Case ID: ny-st-rep_16/html/1005-01.html
Source: Caselaw Access Project
Author: {"author": "Van Brunt, P. J.", "license": "Public Domain", "url": "https://static.case.law/"}
Date Created: 2024-08-24T03:29:51.129683

LEWIS W. BELCHER, Resp’t, v. MANHATTAN RAILWAY COMPANY, App’lt.
    Evidence—Weight of—Credibility of witness.
    Appeal from judgment rendered on the verdict of a jury rendered in favor of the plaintiff and from order denying motion for new trial upon the minutes of the court.
    
      A. II. Daily, for pl’ff- Dames & Rapallo, for def’t.
   Van Brunt, P. J.

The plaintiff in this action sought to recover damages which he claims to have sustained by reason of slipping upon the ice upon the stairs of the defendant. The defendant claims, upon the other hand, that there was no ice upon the stairs, and that the slipping of the defendant was an ordinary accident for which they were in no degree responsible.

The issue involved was one of fact. The defendant, to be sure, had a greater number of witnesses, and as far as this record shows they seem to have sworn as positively that there was no ice upon those steps upon which the plaintiff could have slipped, as did the plaintiff that there was ice upon which he did slip. The defendant also proved that since the twentieth of February up to the twenty-fifth of February, at a quarter past six in the morning, of which day was the time of the happening of the accident, there had been no storm of' snow or rain from which any ice could have formed. It appears, however, that the twenty-fifth of February was a stormy and sleety day.

The condition of the evidence in this case is such that if the learned judge whe presided at the trial had set aside the verdict as against the weight of evidence, such an order upon appeal might have been sustained because the court below has the opportunity of seeing the witnesses, of judging of their method of testifying and of weighing the evidence as given with much greater accuracy than can be attained by an appellate court; and if there had been any infirmities in the plaintiff’s case, arising from his manner of giving testimony or from his conduct on the stand, which could not be portrayed in this case, and which might have affected his credibility, and which, to the trial judge, would have seemed to call upon him to set aside the verdict in view of the nature of the evidence offered upon the part of the defendant, such conclusion would not, upon appeal, have been interfered with.

But the learned judge denied this motion. .In his judgment, therefore, there was nothing in the circumstances of the case, or in the procedure of the trial, which so far impaired the weight to be given to the evidence of the plaintiff as to justify his interference.
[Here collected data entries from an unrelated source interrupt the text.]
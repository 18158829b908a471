//! An entry takes the place of a live one with the same kind and name: its words are stored, the old one is hidden, one store to the link
//! that leads to the old one makes it lead to the new one, the snapshots are taken, and the new one is shown. So no lookup finds neither.

ghost use Rattle.std.specs.Prelude.{◌≡◌, ℕ, ◌<◌, ◌≤◌, ◌+◌, ◌*◌, suc, Some, IsTrue, length};
ghost use Rattle.passive_list.specs.Types.{Entry, Live, Vacant};
ghost use Rattle.registry_values.specs.Common.{live_count, slot_at};
ghost use Rattle.protocol.specs.Common.{keeps_rightly, kept_at};
ghost use Rattle.cpu_words.specs.Common.{AreWordsOf, IsAttachedKeeping};
ghost use Rattle.passive_list.specs.Publishing.{AreWritten};
ghost use Rattle.passive_list.specs.Replacing.{MayReplace, HasReplaced, HasReplacedIn, LogsReplace, rows_replaced};

use crate::keeper::{Keeper, KeptSlot, SlotState};
use crate::links::{link_below, slot_above};
use crate::publishing::prepare;
use crate::retiring::snapshots;
use cpu_words::{KeeperSeat, Words, steps};
use registry_values::{Entry, Mark, Record};

/// Puts an entry with the same kind and name and another value, in `slot`, into the place of the live entry in `old`. From now on lookups
/// find that one, and the history ends with this one change. A lookup that runs meanwhile finds the one or the other. The old entry is
/// retired: a section that may hold it is one that is open at a snapshot. Returns both, the old one first.
///
/// Conditions:
///
/// - the entry in `old` is live;
/// - the slot is one of the table's and vacant, and keeps a reference exactly if that entry is an interface;
/// - the history has room for this change and for the detach of each live entry, the new one too.
pub fn replace(words: &Words, keeper: &mut Keeper, old: u8, slot: u8, value: u64) -> (Entry, Entry)
    requires words { AreWordsOf words.now keeper.old.words.table keeper.old.words.settings }
    requires live { (f : Entry) × (slot_at keeper.old.keeper.slots old ≡ Live f) × IsTrue (keeps_rightly (kept_at keeper.old.keeper.view.keeps slot) f.rec.kind) }
    requires vacant { (slot < keeper.old.words.settings.slots) × (slot_at keeper.old.keeper.slots slot ≡ Vacant) }
    requires room { length keeper.old.keeper.view.history + live_count keeper.old.keeper.slots + 2 ≤ keeper.old.words.settings.change_limit }
    ensures old { slot_at keeper.old.keeper.slots old ≡ Live result.0 }
    ensures new { result.1 ≡ record { number = suc (length keeper.old.keeper.view.history); slot = slot; rec = record result.0.rec { value = value } } }
    ensures change { HasReplacedIn keeper.old.keeper old result.0 result.1 keeper.new.keeper }
    ensures log { LogsReplace keeper.old.keeper.view old result.1 keeper.old.keeper.log keeper.new.keeper.log }
    ensures words { keeper.new.words ≡ keeper.old.words }
{
    let SlotState::Live(entry) = keeper.rows[old as usize].state else {
        unreachable!()
    };
    let made = Entry {
        number: keeper.changes + 1,
        slot,
        rec: Record { value, ..entry.rec },
    };
    replace_entry(
        words,
        &mut keeper.seat,
        &keeper.rows,
        &mut keeper.marks,
        old,
        &made,
    );
    take_place(&mut keeper.rows, old, entry, made);
    keeper.changes += 1;
    (entry, made)
}

/// Puts the entry into the place of the live one in `old` by the keeper's seat alone, when the rows say already what is in each slot, and
/// writes the old one's marks.
/// Condition: that of `replace`, of the seat and the rows; the entry's number is how many changes there are then.
pub fn replace_entry(
    words: &Words,
    seat: &mut KeeperSeat,
    rows: &[KeptSlot],
    marks: &mut [Mark],
    old: u8,
    entry: &Entry,
)
    requires table { seat.old.table ≡ words.now.table }
    requires may { MayReplace words.now.settings seat.old.view rows.now old entry.now }
    requires room { old * words.now.settings.cpus + words.now.settings.cpus ≤ length marks.old }
    ensures table { seat.new.table ≡ seat.old.table }
    ensures change { (f : Entry) × (slot_at seat.old.view.slots old ≡ Live f) × (has : HasReplaced seat.old.view old f entry.now seat.new.view)
        × AreWritten (old * words.now.settings.cpus) words.now.settings.cpus has.marks marks.old marks.new }
    ensures log { LogsReplace seat.old.view old entry.now seat.old.log seat.new.log }
    ensures attached { (d : ℕ) → kept_at seat.old.view.keeps entry.now.slot ≡ Some d → IsAttachedKeeping entry.now.slot entry.now.number d seat.new.log }
{
    let settings = words.settings();
    let rank = rows[old as usize].rank;
    let before = slot_above(rows, settings.slots, rank);
    let link = link_below(rows, settings.slots, rank);
    prepare(words, seat, entry, settings.cpus, link);
    steps::hide(words, seat, old);
    steps::republish(words, seat, entry.slot, old, before);
    snapshots(words, seat, old, settings.cpus, marks);
    steps::show(words, seat, entry.slot, entry.number);
}

/// The rows, as the new entry stands in the old one's place.
pub fn take_place(rows: &mut [KeptSlot], old: u8, entry: Entry, made: Entry)
    requires old { old < length rows.old }
    requires new { made.slot < length rows.old }
    ensures { rows.new ≡ rows_replaced rows.old old entry made }
{
    let rank = rows[old as usize].rank;
    rows[made.slot as usize].make_live(made, rank);
    rows[old as usize].state = SlotState::Retired(entry);
}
Simply because the jury have believed the plaintiff in preference to the defendant’s witnesses, forms no ground whatever for the setting aside of the verdict; and, so far as we are able to judge from the record in this case, the plaintiff is entitled to precisely the same credence as the defendant’s witnesses, and his evidence was given, upon the part of the jury, greater weight than that of the defendant’s witnesses. With this conclusion we cannot interfere.

The exceptions in regard to the damages do not seem to be well taken.

The allegations in the complaint were sufficient to justify the introduction of evidence as to the nature and extent of the injuries and their immediate results. In the case of Ehrgott v. Mayor (96 N. Y., 275), proof, under similar allegations of the complaint, was sustained.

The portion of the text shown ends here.